Comments

  • Sac State's bid for the Pac 12 Thread
    I took some interesting classes through the education dept. SAT is reliable in that it produces repeatable results but harder to say if it is valid in terms of measuring what it claims to. A topic of much debate among educators.

    you may be thinking of “eligibility in the local context”. The university accepts the top x % from each high school, the idea being the top students at a crap school might not outscore the medium students at an excellent school but perhaps they deserve a shot since it wasn’t their fault they lived in Barstow instead of Menlo Park. Not without controversy though, because many good students at top flight high schools get contextually overlooked. Tricky to figure out what’s fair for someone with potential who wasn’t afforded suitable preparation. Some rise to the occasion, others drown drinking from the fire hose their first quarter.
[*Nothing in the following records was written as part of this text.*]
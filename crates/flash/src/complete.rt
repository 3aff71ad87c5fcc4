// A change from its start to its end.
ghost use Rattle.std.specs.Prelude.{◌≡◌, length};
ghost use Rattle.flash.specs.Answers.{program_answer, erase_answer};
ghost use Rattle.flash.specs.Steps.{completed, program_completed, erase_completed};

use crate::refusal::FlashRefusal;
use crate::traits::{NorFlash, wait};

/// Programs, and waits until that has landed. Answers how many ticks it took.
pub fn program_and_wait<F: NorFlash>(
    flash: &mut F,
    at: usize,
    new: &[u8],
) -> Result<u32, FlashRefusal>
    ensures answer { result ≡ completed (program_answer at (length new.now) (F.NorFlash.meaning flash.old)) (F.NorFlash.meaning flash.old).program_ticks }
    ensures after { F.NorFlash.meaning flash.new ≡ program_completed (program_answer at (length new.now) (F.NorFlash.meaning flash.old)) at new.now (F.NorFlash.meaning flash.old) }
{
    let mut change = flash.program(at, new)?;
    let ticks = wait(flash, &mut change);
    Ok(ticks)
}

/// Erases a sector, and waits until that has landed. Answers how many ticks it took.
pub fn erase_and_wait<F: NorFlash>(flash: &mut F, sector: usize) -> Result<u32, FlashRefusal>
    ensures answer { result ≡ completed (erase_answer sector (F.NorFlash.meaning flash.old)) (F.NorFlash.meaning flash.old).erase_ticks }
    ensures after { F.NorFlash.meaning flash.new ≡ erase_completed (erase_answer sector (F.NorFlash.meaning flash.old)) sector (F.NorFlash.meaning flash.old) }
{
    let mut change = flash.erase_sector(sector)?;
    let spent = wait(flash, &mut change);
    Ok(spent)
}
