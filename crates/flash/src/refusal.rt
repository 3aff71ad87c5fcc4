// Why a call on a flash was refused.
ghost use Rattle.std.specs.Prelude.{◌≡◌};
ghost use Rattle.flash.specs.Refusals.{number_of};

/// Why a call on a flash was refused.
#[derive(Clone, Copy, Debug, PartialEq, Eq)]
pub enum FlashRefusal {
    /// it passes the end, is no part of one page, or there is no such sector
    Range,
    /// a change is under way
    Busy,
    /// the sector is protected
    Protected,
}

/// The number by which a refusal is known.
impl From<FlashRefusal> for u8 {
    ghost from_gives = { λ refusal number. number ≡ number_of refusal };

    fn from(refusal: FlashRefusal) -> u8 {
        match refusal {
            FlashRefusal::Range => 1,
            FlashRefusal::Busy => 2,
            FlashRefusal::Protected => 3,
        }
    }
}
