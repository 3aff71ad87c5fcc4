// A file image.
ghost use Rattle.std.specs.Prelude.{◌≤◌, length};

mod calls;

/// An image of a flash in lent bytes, as they were read from a file: readable only, and always ready.
#[derive(Drop)]
pub struct FileImage<'a> {
    bytes: &'a [u8],
    ghost small: { length bytes.now ≤ 1048576 },
}
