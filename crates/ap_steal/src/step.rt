//! One path of a worker.

ghost use Rattle.std.specs.Prelude.{◌≡◌, ℕ, true, [], ◌∷◌, if◌then◌else◌, List as list, length, IfOk};
ghost use Rattle.ap_paths.specs.declared.entries.Entry.{Entry};
ghost use Rattle.ap_paths.specs.Trees.{InChoiceTree};
ghost use Rattle.ap_book.specs.Answers.{Skips};
ghost use Rattle.ap_tools.specs.Seats.{book_id, book_limit, SameSeat, IsTurn};
ghost use Rattle.ap_tools.specs.Planned.{OwnPlanned};
ghost use Rattle.ap_tools.specs.Order.{IsSole};
ghost use Rattle.ap_tools.specs.Accounts.{EndsJust, NoneLost};
ghost use Rattle.ap_steal.specs.Reach.{reach};

use crate::reach::{reach_for_all, reach_for_first};
use ap_book::SkipError;
use ap_defs::memory::Memory;
use ap_defs::paths::Path;
use ap_entering::entering::{run_kids, run_outs, visit_planned};
use ap_paths::{Tree, Visit};
use ap_tools::tools::Tools;
use ap_tools::{Placed, Seat, Shape, SharedBook};
use std::alloc::Global;
use std::sync::Wait;

/// One turn, in which a path is left out, where as many answers have ended before it as are wanted.
fn skip_planned<R: Wait, T: Tree>(
    rt: &R,
    tree: &T,
    book: &SharedBook,
    seat: &mut Seat,
    path: &Path,
) -> Result<(), SkipError>
    requires book { seat.old.book ≡ book_id book.now }
    requires own { OwnPlanned (T.choices tree.now) (T.plan tree.now) (book_limit book.now)
        seat.old.number seat.old.seen }
    requires there { InChoiceTree (T.choices tree.now) path.now }
    ensures same { SameSeat seat.old seat.new }
    ensures own { OwnPlanned (T.choices tree.now) (T.plan tree.now) (book_limit book.now)
        seat.new.number seat.new.seen }
    ensures turn { (turn : list Entry) × IsTurn seat.old turn
        × Skips turn path.now (book_limit book.now) seat.old.number result seat.new.seen }
{
    let _tree = tree;
    book.skip(rt, seat, path)
}

/// Whether a path is to be visited: not where it was left out, or where it is not open.
fn is_needed<R: Wait, T: Tree>(
    rt: &R,
    tree: &T,
    book: &SharedBook,
    seat: &mut Seat,
    path: &Path,
) -> Result<bool, Memory>
    requires book { seat.old.book ≡ book_id book.now }
    requires own { OwnPlanned (T.choices tree.now) (T.plan tree.now) (book_limit book.now)
        seat.old.number seat.old.seen }
    requires there { InChoiceTree (T.choices tree.now) path.now }
    ensures same { SameSeat seat.old seat.new }
    ensures own { OwnPlanned (T.choices tree.now) (T.plan tree.now) (book_limit book.now)
        seat.new.number seat.new.seen }
    ensures order { (hand : list (list ℕ)) →
        IsSole (path.now ∷ hand) seat.old.number seat.old.seen →
        IfOk result (λ b. IsSole (if b then path.now ∷ hand else hand) seat.new.number
        seat.new.seen) }
    ensures ended { IfOk result (λ b. EndsJust seat.old.number seat.old.seen
        (if b then [] else path.now ∷ []) seat.new.seen) }
{
    match skip_planned(rt, tree, book, seat, path) {
        Ok(()) => Ok(false),
        Err(SkipError::NotOpen) => Ok(false),
        Err(SkipError::Needed(_found)) => Ok(true),
        Err(SkipError::Memory) => Err(Memory),
    }
}

/// How many choices a worker makes at a path and below it, at most, before it shares out its kids.
fn reach_of<W: Shape>(book: &SharedBook, tools: &Tools<W>, path: &Path) -> Option<u64>
    ensures { result ≡ reach (book_limit book.now) tools.now.count tools.now.narrow
        (length path.now) }
{
    let way = path.choices().len();
    if book.has_limit() {
        return Some(reach_for_first(way));
    }
    reach_for_all(tools.count, tools.narrow, way)
}

/// Visits a path, and enters what it is in the book. Its kids are the worker's own.
fn visit_path<W: Shape, R: Wait, T: Tree>(
    rt: &R,
    alloc: Global,
    tree: &T,
    book: &SharedBook,
    seat: &mut Seat,
    tools: &mut Tools<W>,
    path: &Placed<W>,
) -> Result<(), Memory>
    requires book { seat.old.book ≡ book_id book.now }
    requires shape { T.choices tree.now ≡ W.choices }
    requires own { OwnPlanned (T.choices tree.now) (T.plan tree.now) (book_limit book.now)
        seat.old.number seat.old.seen }
    ensures same { SameSeat seat.old seat.new }
    ensures own { OwnPlanned (T.choices tree.now) (T.plan tree.now) (book_limit book.now)
        seat.new.number seat.new.seen }
    ensures alone { tools.new.alone ≡ tools.old.alone }
    ensures order { tools.old.alone ≡ true →
        IsSole (path.now ∷ tools.old.hand.items) seat.old.number seat.old.seen →
        IfOk result (λ _. IsSole tools.new.hand.items seat.new.number seat.new.seen) }
    ensures held { IfOk result (λ _. NoneLost seat.old.number seat.old.seen tools.old
        (path.now ∷ []) seat.new.seen tools.new) }
{
    let most = reach_of(book, tools, path.path());
    match visit_planned(alloc, tree, path.path(), most) {
        Ok(Visit::Kids(list)) => run_kids(rt, alloc, tree, book, seat, tools, path, list.items()),
        Ok(Visit::Outs(list)) => run_outs(rt, tree, book, seat, path.path(), list),
        Err(error) => Err(error),
    }
}

/// Runs a path. Where a limit is set, it is left out if as many answers have ended before it. So an
/// entry of the seat ends it, unless it was not open, and its kids are in the hand or the deque.
pub fn run_path<W: Shape, R: Wait, T: Tree>(
    rt: &R,
    alloc: Global,
    tree: &T,
    book: &SharedBook,
    seat: &mut Seat,
    tools: &mut Tools<W>,
    path: &Placed<W>,
) -> Result<(), Memory>
    requires book { seat.old.book ≡ book_id book.now }
    requires shape { T.choices tree.now ≡ W.choices }
    requires own { OwnPlanned (T.choices tree.now) (T.plan tree.now) (book_limit book.now)
        seat.old.number seat.old.seen }
    ensures same { SameSeat seat.old seat.new }
    ensures own { OwnPlanned (T.choices tree.now) (T.plan tree.now) (book_limit book.now)
        seat.new.number seat.new.seen }
    ensures alone { tools.new.alone ≡ tools.old.alone }
    ensures order { tools.old.alone ≡ true →
        IsSole (path.now ∷ tools.old.hand.items) seat.old.number seat.old.seen →
        IfOk result (λ _. IsSole tools.new.hand.items seat.new.number seat.new.seen) }
    ensures held { IfOk result (λ _. NoneLost seat.old.number seat.old.seen tools.old
        (path.now ∷ []) seat.new.seen tools.new) }
{
    if !book.has_limit() {
        return visit_path(rt, alloc, tree, book, seat, tools, path);
    }
    let needed = is_needed(rt, tree, book, seat, path.path())?;
    if !needed {
        return Ok(());
    }
    visit_path(rt, alloc, tree, book, seat, tools, path)
}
    I appreciate dry humor and I’ll dump on Sac State any chance I get, but the reality is they have many legitimate programs and students. The blatant disregard for academic standards and intentionally recruiting transfers unlikely to complete anything academically I think is insulting to the real students paying for this and quite frankly I think spending enrollment spots this way amounts to grand theft from the people of California for what appears to be a vanity project for the university president. Even if this is the new world order for post settlement NCAA.
  • Sac State's bid for the Pac 12 Thread
    what I learned when I was going through admissions process 20+ years ago, is that not only are high schools chasing test scores, they are chasing a quota for number of seniors admitted to universities. So both sides of the equation, high schools and universities, have incentive to fudge things in the right circumstance. At this point, I don’t actually know how a university is supposed to pick the top applicants most likely to succeed. The grades are inflated against nonsense state K-12 standards that aren’t based on reality and I’m not sure that SAT, AP, GRE or any of those predict anything other than ability and willingness to spend money for access.
  • New Uniforms
    trying to hard may be an understatement. I guess I’m too traditional that I like the navy jerseys, gold pants, script Davis and block CA. I think all this alt uniform business got started when Nike turned Oregon into a full catalog demo and then everyone else decided they couldn’t be outdone by a duck.
  • Sac State's bid for the Pac 12 Thread
    Story of the tortoise and the hare we have here perhaps. @Sailorgabe makes a valid point that times are changing with the new world order of transfer portal and NIL. The “torch and transfer” approach may well yield a greatly talented Sac team this year. But even the honest Hornet faithful are wondering if that talent can get along, stay out of trouble, and if this is sustainable year over year. I would tend to think the Troy Taylor approach of doubling down on top local-ish HS talent was more organically sustainable (and was also successful), though we saw that without Taylor, it imploded, showing how important a leader is. @blueforce also makes a fair point that I don’t think torch and transfer would work as dramatically for us. I’m sure Mrak already does make admission exceptions to some degree for athletes and others, but going for felons not even close to legitimate academic transferability is probably a leap too far for us - and should be, for Sac too. I think our best path remains finding and developing athletes who can outwit an opponent and giving them enough reason to stay. Helpful to this is I think is Lan sticking his landing in the NFL to prove to future others that this path is viable too. If the premise of the modern non-SEC athletic program is “front porch of the university” marketing of the academics, you need to make sure winning doesn’t come at the cost of embarrassing the far more profitable parts of the university it is meant to market.
  • Politics
    you know it’s kind of funny, I may well have learned more about life from working at Sodexo, taking Spiridakis’ ancient history classes, and playing in the Aggie Band than I did from my major classes. It’s part of what I fear may be lost in the world of online college. I ended up being at different times a project manager and operations manager in the hospitality/sports/entertainment space and I think those experiences helped guide how I (try to) approach people and situations.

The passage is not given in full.